While Roma were riding high, Fiorentina unravelled quickly after Batistuta’s departure and despite winning the Coppa Italia in 2001 they were relegated in 2002 as the state of their finances was laid bare. Wages had been unpaid for a while and they were declared bankrupt reportedly owing more than £25m, in this state they couldn’t compete in Serie B and to all intents ceased to exist just a few years after finishing third and starring in the Champions League. They began the next season in Serie C/2 and started on the long journey back to Serie A. Batistuta, then 33, was on the decline too, after a run of poor form for Roma he joined Internazionale on loan in 2003 and then made his final bow in Qatar until his retirement in 2005.

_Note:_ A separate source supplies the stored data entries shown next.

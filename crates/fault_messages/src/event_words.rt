//! The line of an event as a trace has it, without its line feed.
ghost use Rattle.std.specs.Prelude.{◌≡◌, [], ◌∷◌, ◌++◌, decimal, map, OnOk};
ghost use Rattle.cycle_trace.specs.EventLines.{late_nodes};
ghost use Rattle.cycle_trace.specs.Words.{spaced};
ghost use Rattle.pw_graph.specs.declared.event.Event.TheVariants as E;
ghost use Rattle.fault_messages.specs.EventWords.{event_text, event_words};
ghost use Rattle.fault_messages.specs.NodeNames.{node_word};

use crate::node_names::put_node_word;
use pw_graph::Event;
use pw_lists::{Memory, Text, append_decimal};

// A first word and a cycle.
fn put_mark(text: &mut Text, first: &[u8], cycle: u32) -> Result<(), Memory>
    ensures { OnOk result (text.new ≡ text.old ++ event_text first.now cycle []) }
{
    text.extend(first)?;
    text.extend(b" ")?;
    append_decimal(text, u64::from(cycle))
}

// A node after a space.
fn put_spaced(text: &mut Text, names: &[Text], node: u32) -> Result<(), Memory>
    ensures { OnOk result (text.new ≡ text.old ++ 32 ∷ node_word names.now node) }
{
    text.extend(b" ")?;
    put_node_word(text, names, node)
}

// A first word, a cycle and a node.
fn put_of_node(
    text: &mut Text,
    first: &[u8],
    cycle: u32,
    names: &[Text],
    node: u32,
) -> Result<(), Memory>
    ensures { OnOk result (text.new ≡ text.old
        ++ event_text first.now cycle (node_word names.now node ∷ [])) }
{
    put_mark(text, first, cycle)?;
    put_spaced(text, names, node)
}

// The nodes of a set, ascending by number, each after a space.
fn put_late(text: &mut Text, names: &[Text], late: u64) -> Result<(), Memory>
    ensures { OnOk result (text.new ≡ text.old
        ++ spaced (map (node_word names.now) (late_nodes late))) }
{
    for n in 0..64u32 {
        if (late >> n) % 2 == 1 {
            put_spaced(text, names, n)?;
        }
    }
    Ok(())
}

// The word of a tick, a cycle and the late nodes.
fn put_tick(text: &mut Text, cycle: u32, names: &[Text], late: u64) -> Result<(), Memory>
    ensures { OnOk result (text.new ≡ text.old ++ event_words names.now (E.Tick cycle late)) }
{
    put_mark(text, b"tick", cycle)?;
    put_late(text, names, late)
}

/// The line of an event, by the names of the script's nodes.
pub fn put_event(text: &mut Text, names: &[Text], event: Event) -> Result<(), Memory>
    ensures { OnOk result (text.new ≡ text.old ++ event_words names.now event) }
{
    match event {
        Event::Begin { cycle } => put_mark(text, b"begin", cycle),
        Event::Start { cycle, node } => put_of_node(text, b"start", cycle, names, node),
        Event::Finish { cycle, node } => put_of_node(text, b"finish", cycle, names, node),
        Event::Tick { cycle, late } => put_tick(text, cycle, names, late),
        Event::End { cycle } => put_mark(text, b"end", cycle),
    }
}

Some may say he didn’t win much in the way of silverware during his career, just three trophies in Italy (one of those a glorified friendly) and two Copa America titles with Argentina, however, he like a long list of players before and since has brought more to a club than mere trophies. The cult status he has among Fiorentina’s fans is worth more than any prize. Players of his type will only come around for Fiorentina, and those on the periphery of the title contenders, once in a generation, maybe longer. But their passion, loyalty and connection with the fans will live much longer in the memory. Batistuta’s goals record, with all due respect to Fiorentina, will likely never be beaten, but that alone is his legacy to the club, the city and thousands of fans across the world, and it will be treasured like a Serie A winners’ medal for years to come.